Staff Review by Chris Saliba
Health reporter Jill Stark wrote some of her award winning journalism on binge drinking while suffering terrible hangovers. This honest memoir confronts not only personal contradictions but also the nation's serious drinking problem. It's all done in a snappy, non-preachy way from someone who's been there and has discovered there's more to life than getting smashed on every social occassion.
These sorts of books, where the author puts themselves through some ordeal and then writes a book about their experiences, generally make me suspicious of an opportunistic author and publisher. Happily Jill Stark’s High Sobriety is nothing like that at all. It may just be the perfect book for the times, with its mix of autobiography, confession and journalism.

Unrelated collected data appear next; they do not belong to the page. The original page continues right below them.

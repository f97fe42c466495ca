//! The command `reparse`: an edit and a text to the dump of the tree after the edit.
ghost use Rattle.std.specs.Prelude.{◌≡◌, ◌↔◌, ◌⊎◌, ◌++◌, ◌<◌, ◌≤◌, ◌^◌, length, Ok, Err, IfOk, IfErr, IfSome, IfNone, IsTrue, MatchResult, OnOk, string_bytes};
ghost use Rattle.std.specs.List.{list_all};
ghost use Rattle.tree_model.specs.Tree.{text};
ghost use Rattle.ras_front_end.specs.declared.parse_error.ParseError.TheVariants.{TooLong};
ghost use Rattle.ras_parsing.specs.Edit.{IsEditOf, edited, replacing};
ghost use Rattle.ras_parsing.specs.AllErrors.{debug_dump_of};
ghost use Rattle.syntax_tool.specs.Requests.{is_digit, value_from, number_of, told, IsRange, IsReread, AnswersEdit, AnswersRange, AnswersLines, AnswersReparse};
ghost use Rattle.syntax_tool.specs.Lines.{HasNo, IsLine};

use crate::escapes::unescape;
use crate::lines::cut;
use crate::refusal::Refusal;
use ra_ap_syntax::{Edition, Parse, ParseError, SourceFile, TextRange, TextSize};
use std::alloc::{AllocError, Global};
use std::fmt::Write;
use tiny_front::Tiny;

// Represents every larger number: no text is this long.
const TOO_GREAT: u128 = u64::MAX as u128;

fn is_digit(byte: u8) -> bool
    ensures { result ≡ is_digit byte }
{
    48 <= byte && byte <= 57
}

fn all_digits(bytes: &[u8]) -> bool
    ensures { result ≡ list_all is_digit bytes.now }
{
    bytes.iter().all(|byte| is_digit(*byte))
}

// The number that decimal digits write.
fn number(text: &str) -> Option<usize>
    ensures { result ≡ number_of text.now }
{
    let bytes = text.as_bytes();
    if bytes.is_empty() || !all_digits(bytes) {
        return None;
    }
    Some(value(bytes))
}

fn value(digits: &[u8]) -> usize
    ensures { result ≡ value_from 0 digits.now }
{
    let mut value: u128 = 0;
    for digit in digits {
        value = (10 * value + (*digit as u128).saturating_sub(48)).min(TOO_GREAT);
    }
    value as usize
}

// The range lies in the text, on character boundaries.
fn is_range(text: &str, start: usize, end: usize) -> bool
    ensures { IsTrue result ↔ IsRange text.now start end }
{
    start <= end && end <= text.len() && text.is_char_boundary(start) && text.is_char_boundary(end)
}

// The first line, and the dump.
fn report(
    alloc: Global,
    piece: Option<TextRange>,
    new: &Parse<SourceFile>,
) -> Result<String, AllocError>
    ensures { IfOk result (λ out. string_bytes out ≡ told piece ++ debug_dump_of new.now) }
{
    let mut out = String::new(alloc);
    match piece {
        Some(range) => writeln!(&mut out, "piece {range}")?,
        None => out.push_str("whole\n")?,
    }
    let dump = new.debug_dump(alloc)?;
    out.push_str(dump.as_str())?;
    Ok(out)
}

// The parse after an edit, and the range that was parsed again, where not all was.
fn edit_parse(
    alloc: Global,
    old: &Parse<SourceFile>,
    delete: TextRange,
    insert: &str,
) -> Result<(Option<TextRange>, Parse<SourceFile>), ParseError>
    requires { IsEditOf (text old.now.tree) (replacing delete insert.now) }
    ensures read { IfOk result
        (λ p. IsReread old.now (replacing delete insert.now) p.0 p.1) }
    ensures accepted { OnOk result (length
        (edited (text old.now.tree) (replacing delete insert.now))
        < 2 ^ 32) }
    ensures refused { IfErr result (λ e. (e ≡ TooLong)
        ↔ (2 ^ 32
        ≤ length (edited (text old.now.tree) (replacing delete insert.now)))) }
{
    match old.incremental_reparse(alloc, &Tiny, delete, insert, Edition::CURRENT)? {
        Some((new, range)) => Ok((Some(range), new)),
        None => {
            let new = old.full_reparse(alloc, &Tiny, delete, insert, Edition::CURRENT)?;
            Ok((None, new))
        }
    }
}

// The answer to an edit of a parse.
fn edit_answer(
    alloc: Global,
    old: &Parse<SourceFile>,
    delete: TextRange,
    insert: &str,
) -> Result<String, Refusal>
    requires { IsEditOf (text old.now.tree) (replacing delete insert.now) }
    ensures { MatchResult result
        (λ out.
        AnswersEdit old.now (replacing delete insert.now)
        (Ok (string_bytes out)))
        (λ e. (e ≡ Refusal.Memory)
        ⊎ AnswersEdit old.now (replacing delete insert.now) (Err e)) }
{
    let (piece, new) = edit_parse(alloc, old, delete, insert)?;
    Ok(report(alloc, piece, &new)?)
}

// The answer to an edit of a text, which is read first.
fn range_answer(
    alloc: Global,
    text: &str,
    start: usize,
    end: usize,
    insert: &str,
) -> Result<String, Refusal>
    ensures { MatchResult result
        (λ out. AnswersRange text.now start end insert.now (Ok (string_bytes out)))
        (λ e. (e ≡ Refusal.Memory) ⊎ AnswersRange text.now start end insert.now (Err e)) }
{
    if !is_range(text, start, end) {
        return Err(Refusal::BadRange);
    }
    let old = SourceFile::parse(alloc, text, &Tiny, Edition::CURRENT)?;
    let delete = TextRange::new(TextSize::new(start as u32), TextSize::new(end as u32));
    edit_answer(alloc, &old, delete, insert)
}

// The first line without its newline, and what follows it; `None` if there is no newline.
fn first_line(text: &str) -> Option<(&str, &str)>
    ensures is { IfSome result (λ p. IsLine text.now p.0.now p.1.now) }
    ensures none { IfNone result (HasNo 10 text.now) }
{
    text.split_once('\n')
}

// The answer to the two lines of a request and the text after them.
fn lines_answer(alloc: Global, first: &str, second: &str, whole: &str) -> Result<String, Refusal>
    ensures { MatchResult result
        (λ out. AnswersLines first.now second.now whole.now (Ok (string_bytes out)))
        (λ e. (e ≡ Refusal.Memory) ⊎ AnswersLines first.now second.now whole.now (Err e)) }
{
    let (start, end) = cut(first, ' ');
    let mut insert = String::new(alloc);
    unescape(&mut insert, second)?;
    let (start, end) = match (number(start), number(end)) {
        (Some(start), Some(end)) => (start, end),
        _ => return Err(Refusal::BadLine),
    };
    range_answer(alloc, whole, start, end, insert.as_str())
}

// The answer to a request: its lines, and then the text.
pub(crate) fn reparse_answer(alloc: Global, input: &str) -> Result<String, Refusal>
    ensures { MatchResult result
        (λ out. AnswersReparse input.now (Ok (string_bytes out)))
        (λ e. (e ≡ Refusal.Memory) ⊎ AnswersReparse input.now (Err e)) }
{
    let (first, behind) = first_line(input).ok_or(Refusal::BadLine)?;
    let (second, whole) = first_line(behind).ok_or(Refusal::BadLine)?;
    lines_answer(alloc, first, second, whole)
}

Jill Stark moved from her home of Scotland to Australia a decade ago, got her dream job as health reporter for The Age and won awards for her reporting on binge drinking. The irony was, some of this award winning journalism was written with an almighty hangover. For twenty years, Stark confesses, she had been a binge drinker herself, weekend benders being a normal part of her life. After one particularly bad hangover, replete with panic attacks and stabbing pains in the side, she decided she needed a break from the booze. Inspired by Chris Raine’s blog Hello Sunday Morning, where participants pledge to cut out alchohol for either three, six or 12 months, Stark signed up for a three month stint. An article on this three months of sobriety followed, which really hit a nerve, and a book deal quickly followed.
How do you write an engaging page-turner about a non-activity? That’s a good question. Stark confesses that when she sat down to write High Sobriety she hit a huge writer’s block. But you’d never know it from the text. She has the reporter’s talent for making sure every page is snappy, engaging and to the point. This is basically a memoir which keeps bringing everything back to the theme of binge drinking. Seamlessly interspersed amongst the personal are interviews with professionals from the field of drug and alchohol addiction and reporting on the latest research.
What essentially makes High Sobriety work is the confessional nature of the book. Stark is completely candid about her problems with drink (or her inability to come to terms with the fact that maybe there was a problem) and the negative health impacts it’s had on her. This approach ensures the book is never preachy. This is someone who knew all the risks better than anyone but stored these facts away like abstract notions that had no relevance to the real world. By telling her own story, 35-year-old Stark manages to tell a lot of the nation’s story of alchohol abuse. Amongst the book’s many fascinating factoids, we learn that booze costs Australia some $36 billion dollars a year in health costs, crime and lost productivity. How do we afford it? Taxes on alcohol only take about $6 billion a year.
This book should be a game-changer if it gets a wide enough readership. If I knew anyone who seemed to have a bit of a drinking problem, I’d slip them a copy of this book. It’s cheerful, jokey title makes High Sobriety seem a bit of a lark (there’s plenty of sharp humour in the book) and would be accepted by the recipient good naturedly. Yet its contents are powerful enough to change someone’s life for the better.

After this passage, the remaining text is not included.